This article is part of the supplement: Tenth International Conference on Bioinformatics. First ISCB Asia Joint Conference 2011 (InCoB/ISCB-Asia 2011): Bioinformatics
Correlation of cell membrane dynamics and cell motility
1 Computation and Systems Biology, Singapore-MIT Alliance, Nanyang Technological University, Singapore 637460
2 BioInformatics Research Centre, Nanyang Technological University, Singapore 637553
3 Sloan School of Management, Massachusetts Institute of Technology, Cambridge, MA 02142, USA
4 Department of Biological Sciences, National University of Singapore, Singapore 117543
5 Centre for BioImaging Sciences, National University of Singapore, Singapore 117543
6 Mechanobiology Institute, National University of Singapore, Singapore 117411
7 Department of Biological Engineering, Massachusetts Institute of Technology, Cambridge, MA 02142, USA
BMC Bioinformatics 2011, 12(Suppl 13):S19 doi:10.1186/1471-2105-12-S13-S19Published: 30 November 2011
Essential events of cell development and homeostasis are revealed by the associated changes of cell morphology and therefore have been widely used as a key indicator of physiological states and molecular pathways affecting various cellular functions via cytoskeleton. Cell motility is a complex phenomenon primarily driven by the actin network, which plays an important role in shaping the morphology of the cells. Most of the morphology based features are approximated from cell periphery but its dynamics have received none to scant attention. We aim to bridge the gap between membrane dynamics and cell states from the perspective of whole cell movement by identifying cell edge patterns and its correlation with cell dynamics.
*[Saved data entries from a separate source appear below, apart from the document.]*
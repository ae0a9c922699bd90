// Whether a signature is accepted.
ghost use Rattle.std.specs.Prelude.{◌≡◌, IsTrue, IfOk, length};
ghost use Rattle.std.specs.Result.{result_ok};
ghost use Rattle.hex.specs.Hex.{decode_of};
ghost use Rattle.sigstore_keys.specs.Good.{is_good, is_good_over};
ghost use Rattle.sigstore_keys.specs.Scheme.{has_digest, digest_size_of};
ghost use Rattle.sigstore_keys.specs.Crypto.{crypto_by};
ghost use Rattle.sigstore_tuf_parts.specs.Crypto.{signed_text};
ghost use Rattle.sigstore_tuf_parts.specs.By.{key_by};
ghost use Rattle.sigstore_tuf_parts.specs.Threshold.{is_accepted, is_accepted_raw, is_accepted_under};

use crate::document::Signature;
use crate::keys::Key;
use crate::signed_text::SignedText;
use crate::verification::KeyFault;
use foundation::NoMemory;
use hex::FromHexError;
use sigstore_keys::{CryptoProvider, VerificationKey};
use sigstore_types_parts::{Armor, Bytes, SignatureBytes, Text, TextMap};
use std::alloc::Global;

/// The bytes that a hexadecimal text spells, or none.
pub(crate) fn decoded(alloc: Global, text: &Text) -> Result<Option<SignatureBytes>, NoMemory>
    ensures { IfOk result (λ raw. raw ≡ result_ok (decode_of text.now)) }
{
    match hex::decode(alloc, text.as_str()) {
        Ok(bytes) => Ok(Some(SignatureBytes::new(Bytes::from_vec(bytes)))),
        Err(FromHexError::OutOfMemory) => Err(NoMemory),
        Err(_) => Ok(None),
    }
}

/// Whether a signature is hexadecimal, and good under the key that has its id.
pub(crate) fn is_accepted<C: CryptoProvider, M: Armor>(
    alloc: Global,
    provider: &C,
    armor: &M,
    keys: &TextMap<Key>,
    text: &SignedText<'_>,
    signature: &Signature,
) -> Result<bool, NoMemory>
    ensures { IfOk result (λ b. b ≡
        is_accepted (crypto_by C.CryptoProvider M.Armor provider.now armor.now)
        keys.now text.now signature.now) }
{
    match keys.get(signature.keyid.as_str()) {
        Some(key) => is_accepted_by(alloc, provider, armor, key, text, &signature.sig),
        None => Ok(false),
    }
}

fn is_accepted_by<C: CryptoProvider, M: Armor>(
    alloc: Global,
    provider: &C,
    armor: &M,
    key: &Key,
    text: &SignedText<'_>,
    sig: &Text,
) -> Result<bool, NoMemory>
    ensures { IfOk result (λ b. b ≡ is_accepted_under (C.accepts provider.now) text.now sig.now
        (key_by M.Armor armor.now key.now)) }
{
    match key.read_key(alloc, armor) {
        Ok(key) => is_accepted_under(alloc, provider, &key, text, sig),
        Err(KeyFault::NoMemory) => Err(NoMemory),
        Err(_) => Ok(false),
    }
}

fn is_accepted_under<C: CryptoProvider>(
    alloc: Global,
    provider: &C,
    key: &VerificationKey,
    text: &SignedText<'_>,
    sig: &Text,
) -> Result<bool, NoMemory>
    ensures { IfOk result (λ b. b ≡ is_accepted_raw (C.accepts provider.now) text.now key.now
        (result_ok (decode_of sig.now))) }
{
    match decoded(alloc, sig)? {
        Some(raw) => Ok(is_good_text(provider, key, text, &raw)),
        None => Ok(false),
    }
}

/// Whether the signature of a text is good under a key: as TUF signs a text under its scheme.
pub(crate) fn is_good_text<C: CryptoProvider>(
    provider: &C,
    key: &VerificationKey,
    text: &SignedText<'_>,
    raw: &SignatureBytes,
) -> bool
    ensures { result ≡
        is_good (C.accepts provider.now) key.now (signed_text key.now.scheme text.now) raw.now }
{
    is_good_over(provider, key, text.subject(key.scheme), raw)
}

// Whether a signature is good over its subject: a digest where the key's scheme has one.
fn is_good_over<C: CryptoProvider>(
    provider: &C,
    key: &VerificationKey,
    subject: &[u8],
    raw: &SignatureBytes,
) -> bool
    requires { IsTrue (has_digest key.now.scheme) → length subject.now ≡ digest_size_of key.now.scheme }
    ensures { result ≡ is_good_over (C.accepts provider.now) key.now subject.now raw.now }
{
    if key.scheme.supports_prehashed() {
        key.verify_prehashed(provider, subject, raw).is_ok()
    } else {
        key.verify(provider, subject, raw).is_ok()
    }
}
We present a systematic study to extract, classify, and compare cell dynamics in terms of cell motility and edge activity. Cell motility features extracted by fitting a persistent random walk were used to identify the initial set of cell subpopulations. We propose algorithms to extract edge features along the entire cell periphery such as protrusion and retraction velocity. These constitute a unique set of multivariate time-lapse edge features that are then used to profile subclasses of cell dynamics by unsupervised clustering.
By comparing membrane dynamic patterns exhibited by each subclass of cells, correlated trends of edge and cell movements were identified. Our findings are consistent with published literature and we also identified that motility patterns are influenced by edge features from initial time points compared to later sampling intervals.